> **WHAT THE TASK ASKS**:
Go through the entries below and report how many lines contain the string "ServiceUrl". Nothing but the number is wanted.

> **PROVIDED DATA**:

'''

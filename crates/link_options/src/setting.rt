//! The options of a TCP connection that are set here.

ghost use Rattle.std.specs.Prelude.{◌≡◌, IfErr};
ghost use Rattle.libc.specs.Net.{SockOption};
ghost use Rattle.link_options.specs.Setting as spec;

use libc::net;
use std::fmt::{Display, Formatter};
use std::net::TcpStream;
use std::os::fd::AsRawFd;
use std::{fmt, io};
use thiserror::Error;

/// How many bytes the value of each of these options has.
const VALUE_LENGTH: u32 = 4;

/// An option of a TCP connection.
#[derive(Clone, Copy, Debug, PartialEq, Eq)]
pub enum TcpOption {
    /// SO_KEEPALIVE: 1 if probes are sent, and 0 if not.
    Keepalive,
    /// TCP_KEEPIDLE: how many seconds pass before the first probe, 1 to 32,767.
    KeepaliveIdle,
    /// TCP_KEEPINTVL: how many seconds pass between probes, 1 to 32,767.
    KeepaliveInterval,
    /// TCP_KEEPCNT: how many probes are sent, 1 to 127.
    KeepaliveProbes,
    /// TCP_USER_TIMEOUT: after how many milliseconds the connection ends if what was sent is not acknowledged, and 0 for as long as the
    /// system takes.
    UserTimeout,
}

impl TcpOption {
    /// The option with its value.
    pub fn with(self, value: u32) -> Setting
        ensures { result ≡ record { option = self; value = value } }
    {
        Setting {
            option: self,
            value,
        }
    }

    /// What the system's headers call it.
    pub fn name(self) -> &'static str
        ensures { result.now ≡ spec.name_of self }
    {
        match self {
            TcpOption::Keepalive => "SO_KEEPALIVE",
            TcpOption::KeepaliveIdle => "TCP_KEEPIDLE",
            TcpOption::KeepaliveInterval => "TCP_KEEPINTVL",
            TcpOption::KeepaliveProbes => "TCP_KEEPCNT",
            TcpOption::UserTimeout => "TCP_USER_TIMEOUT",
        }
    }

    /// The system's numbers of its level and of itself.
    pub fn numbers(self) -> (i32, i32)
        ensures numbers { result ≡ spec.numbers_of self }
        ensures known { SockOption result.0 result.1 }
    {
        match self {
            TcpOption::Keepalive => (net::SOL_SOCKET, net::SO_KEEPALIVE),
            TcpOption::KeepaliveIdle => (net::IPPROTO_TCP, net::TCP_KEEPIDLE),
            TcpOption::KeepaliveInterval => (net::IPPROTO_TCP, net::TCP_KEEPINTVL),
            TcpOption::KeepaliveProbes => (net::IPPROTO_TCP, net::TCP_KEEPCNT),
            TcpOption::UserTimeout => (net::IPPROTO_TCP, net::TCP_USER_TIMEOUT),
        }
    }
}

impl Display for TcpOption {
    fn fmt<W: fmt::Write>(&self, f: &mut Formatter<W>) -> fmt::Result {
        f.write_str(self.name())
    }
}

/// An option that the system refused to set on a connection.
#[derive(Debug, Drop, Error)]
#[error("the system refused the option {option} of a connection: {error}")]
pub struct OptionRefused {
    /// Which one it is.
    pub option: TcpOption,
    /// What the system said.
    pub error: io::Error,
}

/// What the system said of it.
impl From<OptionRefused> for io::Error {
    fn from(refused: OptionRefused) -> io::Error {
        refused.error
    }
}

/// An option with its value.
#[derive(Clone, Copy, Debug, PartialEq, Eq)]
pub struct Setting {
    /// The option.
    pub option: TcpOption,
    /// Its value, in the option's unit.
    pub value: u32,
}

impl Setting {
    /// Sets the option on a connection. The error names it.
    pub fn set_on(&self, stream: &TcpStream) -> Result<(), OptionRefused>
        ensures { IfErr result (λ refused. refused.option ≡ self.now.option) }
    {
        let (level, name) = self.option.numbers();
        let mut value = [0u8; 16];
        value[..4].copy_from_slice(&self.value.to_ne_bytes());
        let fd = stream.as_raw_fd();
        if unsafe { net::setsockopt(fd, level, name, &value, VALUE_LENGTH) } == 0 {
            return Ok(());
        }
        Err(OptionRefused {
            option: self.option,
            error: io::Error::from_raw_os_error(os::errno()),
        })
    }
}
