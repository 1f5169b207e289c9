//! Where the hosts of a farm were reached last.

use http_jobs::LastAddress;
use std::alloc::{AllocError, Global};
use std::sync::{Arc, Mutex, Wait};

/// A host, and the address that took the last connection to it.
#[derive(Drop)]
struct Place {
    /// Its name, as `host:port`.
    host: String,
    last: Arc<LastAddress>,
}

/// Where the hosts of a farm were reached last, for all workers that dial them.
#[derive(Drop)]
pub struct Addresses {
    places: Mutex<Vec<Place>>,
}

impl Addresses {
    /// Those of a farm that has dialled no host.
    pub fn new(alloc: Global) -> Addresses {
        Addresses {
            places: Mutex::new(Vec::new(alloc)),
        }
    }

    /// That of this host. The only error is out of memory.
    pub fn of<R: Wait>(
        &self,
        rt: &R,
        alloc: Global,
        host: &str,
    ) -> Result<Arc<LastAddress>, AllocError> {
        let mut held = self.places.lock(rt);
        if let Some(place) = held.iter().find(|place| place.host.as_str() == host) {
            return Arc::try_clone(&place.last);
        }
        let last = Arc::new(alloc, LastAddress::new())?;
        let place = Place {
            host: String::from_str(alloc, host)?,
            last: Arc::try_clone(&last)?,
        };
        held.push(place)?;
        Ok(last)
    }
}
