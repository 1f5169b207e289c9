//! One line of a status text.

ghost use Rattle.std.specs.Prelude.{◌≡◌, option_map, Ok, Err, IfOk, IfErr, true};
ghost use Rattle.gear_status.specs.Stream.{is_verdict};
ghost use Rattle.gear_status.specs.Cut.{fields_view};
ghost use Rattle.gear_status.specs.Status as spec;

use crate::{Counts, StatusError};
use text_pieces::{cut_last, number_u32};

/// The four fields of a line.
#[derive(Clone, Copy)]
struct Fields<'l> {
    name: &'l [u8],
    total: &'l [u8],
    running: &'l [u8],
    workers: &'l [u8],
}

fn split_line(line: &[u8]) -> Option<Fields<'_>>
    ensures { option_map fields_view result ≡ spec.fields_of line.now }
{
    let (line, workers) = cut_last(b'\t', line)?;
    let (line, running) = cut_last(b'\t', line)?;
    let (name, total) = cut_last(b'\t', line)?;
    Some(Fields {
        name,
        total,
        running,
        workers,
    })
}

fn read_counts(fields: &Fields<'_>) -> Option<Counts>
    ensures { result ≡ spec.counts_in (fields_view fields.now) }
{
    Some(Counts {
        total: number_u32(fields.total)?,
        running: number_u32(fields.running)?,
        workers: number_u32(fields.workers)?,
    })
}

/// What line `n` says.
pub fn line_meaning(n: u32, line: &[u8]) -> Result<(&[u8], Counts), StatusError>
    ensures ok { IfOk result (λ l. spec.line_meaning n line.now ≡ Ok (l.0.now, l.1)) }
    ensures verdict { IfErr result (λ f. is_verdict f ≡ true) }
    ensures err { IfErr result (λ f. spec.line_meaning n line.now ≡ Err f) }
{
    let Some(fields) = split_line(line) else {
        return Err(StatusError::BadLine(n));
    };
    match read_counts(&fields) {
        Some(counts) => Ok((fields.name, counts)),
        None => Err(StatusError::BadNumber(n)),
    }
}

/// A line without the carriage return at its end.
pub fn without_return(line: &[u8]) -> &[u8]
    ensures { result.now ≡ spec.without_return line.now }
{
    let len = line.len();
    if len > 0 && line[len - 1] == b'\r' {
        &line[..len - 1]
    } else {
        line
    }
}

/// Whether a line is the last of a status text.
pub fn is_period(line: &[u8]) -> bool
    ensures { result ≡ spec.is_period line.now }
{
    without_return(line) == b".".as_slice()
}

'''
'''

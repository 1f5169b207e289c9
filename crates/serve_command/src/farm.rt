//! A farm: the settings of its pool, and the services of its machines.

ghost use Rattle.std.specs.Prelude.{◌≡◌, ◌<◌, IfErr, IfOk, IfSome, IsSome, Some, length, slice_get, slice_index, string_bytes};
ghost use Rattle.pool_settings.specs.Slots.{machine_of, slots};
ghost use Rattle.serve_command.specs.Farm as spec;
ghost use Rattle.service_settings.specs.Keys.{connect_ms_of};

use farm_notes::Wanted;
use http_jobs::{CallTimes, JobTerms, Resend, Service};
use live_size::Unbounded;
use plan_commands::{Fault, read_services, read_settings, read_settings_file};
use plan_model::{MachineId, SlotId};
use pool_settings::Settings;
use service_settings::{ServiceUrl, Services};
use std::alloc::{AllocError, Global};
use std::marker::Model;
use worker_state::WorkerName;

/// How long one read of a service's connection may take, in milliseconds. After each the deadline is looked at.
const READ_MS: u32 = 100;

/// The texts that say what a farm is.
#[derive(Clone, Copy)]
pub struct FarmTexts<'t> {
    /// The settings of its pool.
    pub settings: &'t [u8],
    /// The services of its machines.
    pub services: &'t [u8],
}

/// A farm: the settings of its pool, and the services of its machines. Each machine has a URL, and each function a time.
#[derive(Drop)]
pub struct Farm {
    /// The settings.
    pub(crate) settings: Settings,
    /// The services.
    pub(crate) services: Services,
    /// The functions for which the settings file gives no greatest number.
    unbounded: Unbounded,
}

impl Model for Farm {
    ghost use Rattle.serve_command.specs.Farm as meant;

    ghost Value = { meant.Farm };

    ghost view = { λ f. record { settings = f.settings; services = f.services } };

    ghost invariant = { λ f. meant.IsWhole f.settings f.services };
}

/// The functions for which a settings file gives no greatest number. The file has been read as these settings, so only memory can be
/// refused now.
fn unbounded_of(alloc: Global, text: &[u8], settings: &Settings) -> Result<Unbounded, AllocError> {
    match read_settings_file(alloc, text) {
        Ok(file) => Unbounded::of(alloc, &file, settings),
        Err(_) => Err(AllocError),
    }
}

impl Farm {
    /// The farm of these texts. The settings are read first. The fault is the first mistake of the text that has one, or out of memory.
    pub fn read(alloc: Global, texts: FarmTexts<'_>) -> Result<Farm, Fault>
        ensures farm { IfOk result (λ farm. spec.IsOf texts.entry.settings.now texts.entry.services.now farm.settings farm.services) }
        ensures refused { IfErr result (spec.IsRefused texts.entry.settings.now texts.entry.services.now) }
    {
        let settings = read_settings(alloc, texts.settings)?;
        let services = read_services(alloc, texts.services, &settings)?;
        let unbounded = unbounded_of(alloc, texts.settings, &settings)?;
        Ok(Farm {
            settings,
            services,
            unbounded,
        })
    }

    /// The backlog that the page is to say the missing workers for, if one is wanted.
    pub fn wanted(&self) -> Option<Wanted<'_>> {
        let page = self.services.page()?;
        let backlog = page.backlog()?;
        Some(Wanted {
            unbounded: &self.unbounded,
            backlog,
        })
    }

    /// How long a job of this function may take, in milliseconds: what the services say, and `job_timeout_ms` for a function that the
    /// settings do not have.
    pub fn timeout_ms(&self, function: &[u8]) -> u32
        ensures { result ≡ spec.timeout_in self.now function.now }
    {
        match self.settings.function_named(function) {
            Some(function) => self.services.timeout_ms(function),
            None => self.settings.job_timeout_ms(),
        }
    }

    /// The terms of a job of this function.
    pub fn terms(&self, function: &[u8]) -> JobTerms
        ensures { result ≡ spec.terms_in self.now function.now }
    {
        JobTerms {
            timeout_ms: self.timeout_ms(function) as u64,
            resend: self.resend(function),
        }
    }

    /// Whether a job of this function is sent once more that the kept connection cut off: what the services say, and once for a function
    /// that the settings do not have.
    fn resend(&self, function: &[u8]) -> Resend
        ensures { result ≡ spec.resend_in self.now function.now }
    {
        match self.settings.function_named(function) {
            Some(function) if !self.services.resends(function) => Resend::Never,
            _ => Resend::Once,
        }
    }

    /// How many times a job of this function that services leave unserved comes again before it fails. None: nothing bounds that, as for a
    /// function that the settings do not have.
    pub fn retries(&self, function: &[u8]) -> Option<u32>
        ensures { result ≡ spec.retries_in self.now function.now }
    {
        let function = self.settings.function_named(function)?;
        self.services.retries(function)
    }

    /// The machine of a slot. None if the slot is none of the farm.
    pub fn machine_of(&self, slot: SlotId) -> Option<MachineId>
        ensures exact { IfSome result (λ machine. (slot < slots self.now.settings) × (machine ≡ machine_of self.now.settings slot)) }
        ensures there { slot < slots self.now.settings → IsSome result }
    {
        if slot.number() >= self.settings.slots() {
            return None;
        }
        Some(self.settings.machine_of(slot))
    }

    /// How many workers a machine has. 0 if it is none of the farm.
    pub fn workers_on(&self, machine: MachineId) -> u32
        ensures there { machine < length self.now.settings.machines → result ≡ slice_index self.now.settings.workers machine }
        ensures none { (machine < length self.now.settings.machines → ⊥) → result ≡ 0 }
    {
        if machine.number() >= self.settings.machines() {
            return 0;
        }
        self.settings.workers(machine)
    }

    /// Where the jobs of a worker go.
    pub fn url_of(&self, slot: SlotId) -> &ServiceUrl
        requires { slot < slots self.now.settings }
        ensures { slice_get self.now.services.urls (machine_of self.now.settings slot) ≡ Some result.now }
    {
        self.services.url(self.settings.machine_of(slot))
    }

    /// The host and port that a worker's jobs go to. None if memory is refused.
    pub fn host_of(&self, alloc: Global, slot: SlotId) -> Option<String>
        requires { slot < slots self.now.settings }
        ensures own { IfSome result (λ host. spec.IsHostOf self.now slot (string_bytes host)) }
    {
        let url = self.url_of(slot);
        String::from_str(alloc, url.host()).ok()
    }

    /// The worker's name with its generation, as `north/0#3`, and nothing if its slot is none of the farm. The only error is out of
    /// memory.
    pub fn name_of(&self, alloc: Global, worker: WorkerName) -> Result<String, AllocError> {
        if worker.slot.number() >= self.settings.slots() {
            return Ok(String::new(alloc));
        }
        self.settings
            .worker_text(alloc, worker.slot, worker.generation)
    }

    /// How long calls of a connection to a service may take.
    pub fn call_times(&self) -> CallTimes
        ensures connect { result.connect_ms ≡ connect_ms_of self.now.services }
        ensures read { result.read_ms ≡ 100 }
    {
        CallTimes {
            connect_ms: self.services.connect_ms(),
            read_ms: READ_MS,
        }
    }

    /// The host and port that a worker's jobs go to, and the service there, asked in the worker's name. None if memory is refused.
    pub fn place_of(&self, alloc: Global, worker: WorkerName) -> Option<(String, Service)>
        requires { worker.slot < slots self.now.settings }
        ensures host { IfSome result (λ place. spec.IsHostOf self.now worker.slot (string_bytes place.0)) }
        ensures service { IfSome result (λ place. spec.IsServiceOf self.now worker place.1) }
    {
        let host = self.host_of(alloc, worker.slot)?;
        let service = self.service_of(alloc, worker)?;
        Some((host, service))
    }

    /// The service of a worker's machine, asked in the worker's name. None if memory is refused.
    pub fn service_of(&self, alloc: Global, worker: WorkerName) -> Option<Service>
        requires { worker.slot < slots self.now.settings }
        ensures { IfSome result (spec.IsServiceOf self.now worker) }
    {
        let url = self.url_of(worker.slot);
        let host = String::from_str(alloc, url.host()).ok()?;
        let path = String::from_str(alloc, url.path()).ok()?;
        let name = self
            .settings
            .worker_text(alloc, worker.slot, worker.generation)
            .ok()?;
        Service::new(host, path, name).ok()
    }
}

'''

> **COMPLETED TASK**:
2